Mi chiamo Jason Martins ed ero coricato nel mio bel letto comodo con una coperta verde come il colore di un quadrifoglio. Non riuscivo a prendere sonno perché ero in ansia per il concorso di domani, se lo vincevo potevo farmi una bella vacanza in Polonia ma poi senza manco accorgermi mi addormentai. Era lunedì e mi ero svegliato per andare al college, già

sotto casa mia mi aspettava Jennifer con molta ansia. Uscí dalla porta e Jennifer mi guardó con aria felice, ma preoccupata allo stesso tempo.

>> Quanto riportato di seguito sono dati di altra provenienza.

//! What stands before a block or the members of a class.

ghost use Rattle.std.specs.Prelude.{◌≡◌, ◌<◌, [], length, false};
ghost use Rattle.jr_lexer.specs.Answers.{Answers as Reads};
ghost use Rattle.jr_reading.specs.Steps as common;
ghost use Rattle.jr_unit_parser.specs.Steps as steps;
ghost use Rattle.jr_reading.specs.Within.{Within};

use crate::head::{ClassHead, Declared, Signature};
use crate::reader::UnitReader;
use jr_ast::{Formal, MethodKind, Modifier};
use jr_base::Fail;
use jr_lexer::Kind;
use jr_reading::View;
use sqlite_items::Items;

impl<'a> UnitReader<'a> {
    /// A formal (JLS 8.4.1), and the index behind it.
    #[tactic(auto, unfolding(crate::specs::Steps::formal))]
    fn formal(&self, at: u32) -> Result<(Formal, u32), Fail>
        ensures { Reads (steps.formal self.now.tokens.now at) result }
    {
        let (modifiers, at) = self.modifiers(at)?;
        let (type_name, at) = self.type_name(at)?;
        self.expect(at, Kind::Name)?;
        let name = self.name(at)?;
        let formal = Formal {
            modifiers,
            type_name,
            name,
        };
        Ok((formal, at + 1))
    }

    /// One or more formals with commas between, and the index behind them.
    #[tactic(auto, using(jr_reading::proofs::Turns::turn_left, jr_reading::proofs::Turns::no_turn_left), unfolding(jr_reading::specs::Steps::listed))]
    fn listed(&self, at: u32) -> Result<(Items<Formal>, u32), Fail>
        ensures { Reads (common.listed false self.now.tokens.now (steps.formal self.now.tokens.now) (length self.now.tokens.now) [] at) result }
    {
        let mut found = Items::new(self.alloc);
        let mut at = at;
        for _turn in 0..self.tokens.len() {
            let (formal, behind) = self.formal(at)?;
            found.push(formal)?;
            if !self.sees(behind, Kind::Comma) {
                return Ok((found, behind));
            }
            at = behind + 1;
        }
        Err(Fail::Refused(self.refusal(at)))
    }

    /// The formals from behind the opening bracket, and the index behind the closing one.
    #[tactic(auto, unfolding(crate::specs::Steps::formals))]
    fn formals(&self, at: u32) -> Result<(Items<Formal>, u32), Fail>
        ensures { Reads (steps.formals self.now.tokens.now at) result }
    {
        if self.sees(at, Kind::CloseParen) {
            return Ok((Items::new(self.alloc), at + 1));
        }
        let (formals, end) = self.listed(at)?;
        self.expect(end, Kind::CloseParen)?;
        Ok((formals, end + 1))
    }

    /// What stands between the clauses of a method or constructor and its block, from the name on, and the
    /// index behind it.
    #[tactic(auto, unfolding(crate::specs::Steps::signature))]
    fn signature(
        &self,
        modifiers: Items<Modifier>,
        kind: MethodKind,
        at: u32,
    ) -> Result<(Declared, u32), Fail>
        requires { at < 1048576 }
        ensures { Reads (steps.signature self.now.tokens.now modifiers kind at) result }
    {
        let name = self.name(at)?;
        let (formals, end) = self.formals(at + 2)?;
        let end = self.throws(end)?;
        let signature = Signature {
            modifiers,
            kind,
            name,
            formals,
        };
        Ok((Declared::Routine(signature), end))
    }

    /// Whether the name of a constructor stands there.
    #[tactic(auto, unfolding(crate::specs::Steps::is_constructor))]
    fn is_constructor(&self, at: u32) -> bool
        ensures { result ≡ steps.is_constructor self.now.tokens.now at }
    {
        self.sees(at, Kind::Name) && self.sees(at + 1, Kind::OpenParen)
    }

    /// What stands between the modifiers of a member and its name, and the index of the name.
    #[tactic(auto, unfolding(crate::specs::Steps::method_kind))]
    fn method_kind(&self, at: u32) -> Result<(MethodKind, u32), Fail>
        ensures { Reads (steps.method_kind self.now.tokens.now at) result }
    {
        if self.sees(at, Kind::Void) {
            return Ok((MethodKind::Void, at + 1));
        }
        if self.is_constructor(at) {
            return Ok((MethodKind::Constructor, at));
        }
        let (type_name, name) = self.type_name(at)?;
        Ok((MethodKind::Valued(type_name), name))
    }

    /// A field, or what stands before the block of a method or constructor, and the index behind it.
    #[tactic(auto, unfolding(crate::specs::Steps::declared_at))]
    pub fn declared(&self, first: u32) -> Result<(Declared, u32), Fail>
        ensures { Reads (steps.declared_at self.now.tokens.now first) result }
    {
        let (modifiers, at) = self.modifiers(first)?;
        let (kind, at) = self.method_kind(at)?;
        self.expect(at, Kind::Name)?;
        if self.sees(at + 1, Kind::OpenParen) {
            return self.signature(modifiers, kind, at);
        }
        match kind {
            MethodKind::Valued(type_name) => self.field(first, modifiers, type_name, at),
            _ => Err(Fail::Refused(self.refusal(at + 1))),
        }
    }

    /// Whether a word of a class's head stands there with the one class that may follow it, and the index
    /// behind (JLS 8.1.4, 8.1.5).
    #[tactic(auto, unfolding(crate::specs::Steps::above))]
    fn above(&self, word: Kind, class: &[u8], at: u32) -> Result<(bool, u32), Fail>
        requires { Within word at → at < 1048576 }
        ensures { Reads (steps.above self.now.tokens.now word class.now at) result }
    {
        if !self.sees(at, word) {
            return Ok((false, at));
        }
        let view = View {
            tokens: self.tokens,
            jml: false,
        };
        view.expect(at + 1, Kind::Name)?;
        view.expect_text(at + 1, class)?;
        Ok((true, at + 2))
    }

    /// What stands before the members of a class, and the index behind it.
    #[tactic(auto, unfolding(crate::specs::Steps::class_head))]
    pub fn class_head(&self, at: u32) -> Result<(ClassHead, u32), Fail>
        ensures { Reads (steps.class_head self.now.tokens.now at) result }
    {
        let (modifiers, at) = self.modifiers(at)?;
        self.expect(at, Kind::Class)?;
        self.expect(at + 1, Kind::Name)?;
        let name = self.name(at + 1)?;
        let (extends_thread, at) = self.above(Kind::Extends, b"Thread", at + 2)?;
        let (implements_runnable, at) = self.above(Kind::Implements, b"Runnable", at)?;
        self.expect(at, Kind::OpenBrace)?;
        let head = ClassHead {
            modifiers,
            name,
            extends_thread,
            implements_runnable,
        };
        Ok((head, at + 1))
    }
}
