//! What stands before a block or the members of a class.

use jr_ast::{Field, Formal, MethodKind, Modifier, Name};
use sqlite_items::Items;

/// What stands between the clauses of a method or constructor and its block.
#[derive(Drop)]
pub struct Signature {
    pub modifiers: Items<Modifier>,
    pub kind: MethodKind,
    pub name: Name,
    pub formals: Items<Formal>,
}

/// A field, or a method or constructor without its clauses and block.
#[derive(Drop)]
pub enum Declared {
    Field(Field),
    Routine(Signature),
}

/// What stands before the members of a class.
#[derive(Drop)]
pub struct ClassHead {
    pub modifiers: Items<Modifier>,
    pub name: Name,
    pub extends_thread: bool,
    pub implements_runnable: bool,
}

Jennifer: Ciao Jason, sei pronto?

Jason: Si, credo di si Jennifer.

Jennifer: Spero che andrà tutto bene.

Jason: Non ti preoccupare, sono sicuro che tu lo passerai senza problemi il concorso".

Jennifer: Io voglio che lo passi anche tu, così andiamo insieme in Polonia

Jason: Certo, anch'io voglio venire con te.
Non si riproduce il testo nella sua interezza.